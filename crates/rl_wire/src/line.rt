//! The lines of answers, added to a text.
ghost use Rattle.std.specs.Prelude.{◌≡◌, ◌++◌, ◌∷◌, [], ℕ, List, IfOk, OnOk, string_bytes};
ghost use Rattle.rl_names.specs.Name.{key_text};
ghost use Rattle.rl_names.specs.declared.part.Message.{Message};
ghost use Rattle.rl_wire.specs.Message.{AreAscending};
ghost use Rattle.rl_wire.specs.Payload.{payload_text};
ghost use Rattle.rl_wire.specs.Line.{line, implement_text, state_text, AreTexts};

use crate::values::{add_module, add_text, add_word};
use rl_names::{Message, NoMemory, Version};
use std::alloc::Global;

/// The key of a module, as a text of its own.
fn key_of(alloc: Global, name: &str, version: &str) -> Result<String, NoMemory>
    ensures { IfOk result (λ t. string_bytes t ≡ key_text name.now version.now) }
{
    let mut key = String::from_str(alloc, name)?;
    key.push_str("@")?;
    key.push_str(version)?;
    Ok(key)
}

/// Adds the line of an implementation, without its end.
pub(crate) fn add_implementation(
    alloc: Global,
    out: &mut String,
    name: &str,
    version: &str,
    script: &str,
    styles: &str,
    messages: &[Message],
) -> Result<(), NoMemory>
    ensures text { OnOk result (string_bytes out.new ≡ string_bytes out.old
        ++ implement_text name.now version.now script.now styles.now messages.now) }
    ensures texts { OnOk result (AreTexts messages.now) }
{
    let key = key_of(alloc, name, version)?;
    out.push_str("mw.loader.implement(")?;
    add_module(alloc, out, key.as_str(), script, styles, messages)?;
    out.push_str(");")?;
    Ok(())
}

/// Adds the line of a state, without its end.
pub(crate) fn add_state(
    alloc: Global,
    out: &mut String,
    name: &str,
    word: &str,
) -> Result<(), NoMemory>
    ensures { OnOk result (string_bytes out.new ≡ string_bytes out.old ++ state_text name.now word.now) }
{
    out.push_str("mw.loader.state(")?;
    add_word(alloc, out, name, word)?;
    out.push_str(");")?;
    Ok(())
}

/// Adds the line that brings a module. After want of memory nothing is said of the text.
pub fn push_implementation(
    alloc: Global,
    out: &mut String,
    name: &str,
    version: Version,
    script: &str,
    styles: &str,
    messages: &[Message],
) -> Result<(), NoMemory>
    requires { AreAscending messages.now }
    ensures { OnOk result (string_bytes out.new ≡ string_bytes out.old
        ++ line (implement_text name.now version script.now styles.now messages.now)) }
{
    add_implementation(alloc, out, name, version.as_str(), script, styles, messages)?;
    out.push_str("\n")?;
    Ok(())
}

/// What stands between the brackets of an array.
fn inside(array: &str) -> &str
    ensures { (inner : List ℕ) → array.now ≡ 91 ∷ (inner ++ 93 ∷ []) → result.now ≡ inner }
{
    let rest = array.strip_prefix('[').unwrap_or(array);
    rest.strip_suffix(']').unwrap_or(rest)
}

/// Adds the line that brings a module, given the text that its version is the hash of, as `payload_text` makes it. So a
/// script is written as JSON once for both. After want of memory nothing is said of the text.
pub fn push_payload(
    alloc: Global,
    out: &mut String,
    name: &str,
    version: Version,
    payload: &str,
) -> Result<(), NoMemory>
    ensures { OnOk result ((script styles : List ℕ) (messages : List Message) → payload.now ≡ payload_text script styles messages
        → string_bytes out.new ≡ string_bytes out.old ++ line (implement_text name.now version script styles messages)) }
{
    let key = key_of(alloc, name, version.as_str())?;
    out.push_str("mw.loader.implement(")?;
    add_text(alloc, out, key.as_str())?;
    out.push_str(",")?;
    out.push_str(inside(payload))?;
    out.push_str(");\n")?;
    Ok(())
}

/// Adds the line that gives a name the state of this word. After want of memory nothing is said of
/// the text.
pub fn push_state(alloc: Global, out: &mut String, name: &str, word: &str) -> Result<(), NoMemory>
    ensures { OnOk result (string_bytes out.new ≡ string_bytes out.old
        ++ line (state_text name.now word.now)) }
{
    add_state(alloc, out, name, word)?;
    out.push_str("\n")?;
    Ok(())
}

--------------------------------------------------

WHAT YOU WILL DO ::
Return all the data above once more, precisely as given.

OUTPUT ::
filename crates/rl_wire/src/line.rt
//! The lines of answers, added to a text.
ghost use Rattle.std.specs.Prelude.{◌≡◌, ◌++◌, ◌∷◌, [], ℕ, List, IfOk, OnOk, string_bytes};
ghost use Rattle.rl_names.specs.Name.{key_text};
ghost use Rattle.rl_names.specs.declared.part.Message.{Message};
ghost use Rattle.rl_wire.specs.Message.{AreAscending};
ghost use Rattle.rl_wire.specs.Payload.{payload_text};
ghost use Rattle.rl_wire.specs.Line.{line, implement_text, state_text, AreTexts};

use crate::values::{add_module, add_text, add_word};
use rl_names::{Message, NoMemory, Version};
use std::alloc::Global;

/// The key of a module, as a text of its own.
fn key_of(alloc: Global, name: &str, version: &str) -> Result<String, NoMemory>
    ensures { IfOk result (λ t. string_bytes t ≡ key_text name.now version.now) }
{
    let mut key = String::from_str(alloc, name)?;
    key.push_str("@")?;
    key.push_str(version)?;
    Ok(key)
}

/// Adds the line of an implementation, without its end.
pub(crate) fn add_implementation(
    alloc: Global,
    out: &mut String,
    name: &str,
    version: &str,
    script: &str,
    styles: &str,
    messages: &[Message],
) -> Result<(), NoMemory>
    ensures text { OnOk result (string_bytes out.new ≡ string_bytes out.old
        ++ implement_text name.now version.now script.now styles.now messages.now) }
    ensures texts { OnOk result (AreTexts messages.now) }
{
    let key = key_of(alloc, name, version)?;
    out.push_str("mw.loader.implement(")?;
    add_module(alloc, out, key.as_str(), script, styles, messages)?;
    out.push_str(");")?;
    Ok(())
}

/// Adds the line of a state, without its end.
pub(crate) fn add_state(
    alloc: Global,
    out: &mut String,
    name: &str,
    word: &str,
) -> Result<(), NoMemory>
    ensures { OnOk result (string_bytes out.new ≡ string_bytes out.old ++ state_text name.now word.now) }
{
    out.push_str("mw.loader.state(")?;
    add_word(alloc, out, name, word)?;
    out.push_str(");")?;
    Ok(())
}

/// Adds the line that brings a module. After want of memory nothing is said of the text.
pub fn push_implementation(
    alloc: Global,
    out: &mut String,
    name: &str,
    version: Version,
    script: &str,
    styles: &str,
    messages: &[Message],
) -> Result<(), NoMemory>
    requires { AreAscending messages.now }
    ensures { OnOk result (string_bytes out.new ≡ string_bytes out.old
        ++ line (implement_text name.now version script.now styles.now messages.now)) }
{
    add_implementation(alloc, out, name, version.as_str(), script, styles, messages)?;
    out.push_str("\n")?;
    Ok(())
}

/// What stands between the brackets of an array.
fn inside(array: &str) -> &str
    ensures { (inner : List ℕ) → array.now ≡ 91 ∷ (inner ++ 93 ∷ []) → result.now ≡ inner }
{
    let rest = array.strip_prefix('[').unwrap_or(array);
    rest.strip_suffix(']').unwrap_or(rest)
}

/// Adds the line that brings a module, given the text that its version is the hash of, as `payload_text` makes it. So a
/// script is written as JSON once for both. After want of memory nothing is said of the text.
pub fn push_payload(
    alloc: Global,
    out: &mut String,
    name: &str,
    version: Version,
    payload: &str,
) -> Result<(), NoMemory>
    ensures { OnOk result ((script styles : List ℕ) (messages : List Message) → payload.now ≡ payload_text script styles messages
        → string_bytes out.new ≡ string_bytes out.old ++ line (implement_text name.now version script styles messages)) }
{
    let key = key_of(alloc, name, version.as_str())?;
    out.push_str("mw.loader.implement(")?;
    add_text(alloc, out, key.as_str())?;
    out.push_str(",")?;
    out.push_str(inside(payload))?;
    out.push_str(");\n")?;
    Ok(())
}

/// Adds the line that gives a name the state of this word. After want of memory nothing is said of
/// the text.
pub fn push_state(alloc: Global, out: &mut String, name: &str, word: &str) -> Result<(), NoMemory>
    ensures { OnOk result (string_bytes out.new ≡ string_bytes out.old
        ++ line (state_text name.now word.now)) }
{
    add_state(alloc, out, name, word)?;
    out.push_str("\n")?;
    Ok(())
}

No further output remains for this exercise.